• [TASK OBJECTIVE]:
Needed from the data below: all lines that contain the word "specs".

• [DATA SUPPLIED]:
==========

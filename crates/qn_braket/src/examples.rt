//! Worked examples: a state of two fermion sites, its overlap, and the expectation of a hop.

ghost use Rattle.std.specs.Prelude.{[], ◌∷◌, ◌≡◌, pos, negsuc};
ghost use Rattle.qn_value.specs.Examples.{fermions};
ghost use Rattle.qn_net.specs.NetworkValues.{value};
ghost use Rattle.qn_braket.specs.ChainLaws.{network_flux};
ghost use Rattle.qn_braket.specs.Chains.{AreConjugates, IsOperatorChain, IsStateChain, amplitude, chain_flux, element, expect_network, expectation, overlap, overlap_network};
ghost use Rattle.qn_braket.specs.Examples.{conjugates, hop, number, state, turned_state, two_sites};

/// Amplitudes, overlap and expectation, computed from the definitions.
pub fn worked_examples()
    ensures amplitude_10 { amplitude fermions state (1 ∷ 0 ∷ []) ≡ number (pos 0) (pos 2) }
    ensures amplitude_01 { amplitude fermions state (0 ∷ 1 ∷ []) ≡ number (pos 3) (pos 0) }
    ensures turned_01 { amplitude fermions turned_state (0 ∷ 1 ∷ []) ≡ number (pos 3) (pos 0) }
    ensures overlap { overlap fermions two_sites state state ≡ number (pos 13) (pos 0) }
    ensures element { element fermions hop (1 ∷ 0 ∷ []) (0 ∷ 1 ∷ []) ≡ number (pos 1) (pos 0) }
    ensures expectation { expectation fermions two_sites (element fermions hop) state state ≡ number (pos 0) (negsuc 5) }
    ensures flux { chain_flux fermions state ≡ pos 1 ∷ [] }
    // the networks have these values
    ensures overlap_value { value (overlap_network fermions conjugates state) [] ≡ number (pos 13) (pos 0) }
    ensures expectation_value { value (expect_network fermions conjugates hop state) [] ≡ number (pos 0) (negsuc 5) }
    ensures overlap_flux { network_flux (overlap_network fermions conjugates state) ≡ pos 0 ∷ [] }
{}

/// What the laws ask for is met: chains with either arrow first on their links.
pub fn worked_premises()
    ensures state { IsStateChain two_sites state }
    ensures turned { IsStateChain two_sites turned_state }
    ensures operator { IsOperatorChain two_sites hop }
    ensures conjugates { AreConjugates state conjugates }
{}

==========

• [SOLUTION TO THIS EXERCISE]:
ghost use Rattle.std.specs.Prelude.{[], ◌∷◌, ◌≡◌, pos, negsuc};
ghost use Rattle.qn_value.specs.Examples.{fermions};
ghost use Rattle.qn_net.specs.NetworkValues.{value};
ghost use Rattle.qn_braket.specs.ChainLaws.{network_flux};
ghost use Rattle.qn_braket.specs.Chains.{AreConjugates, IsOperatorChain, IsStateChain, amplitude, chain_flux, element, expect_network, expectation, overlap, overlap_network};
ghost use Rattle.qn_braket.specs.Examples.{conjugates, hop, number, state, turned_state, two_sites};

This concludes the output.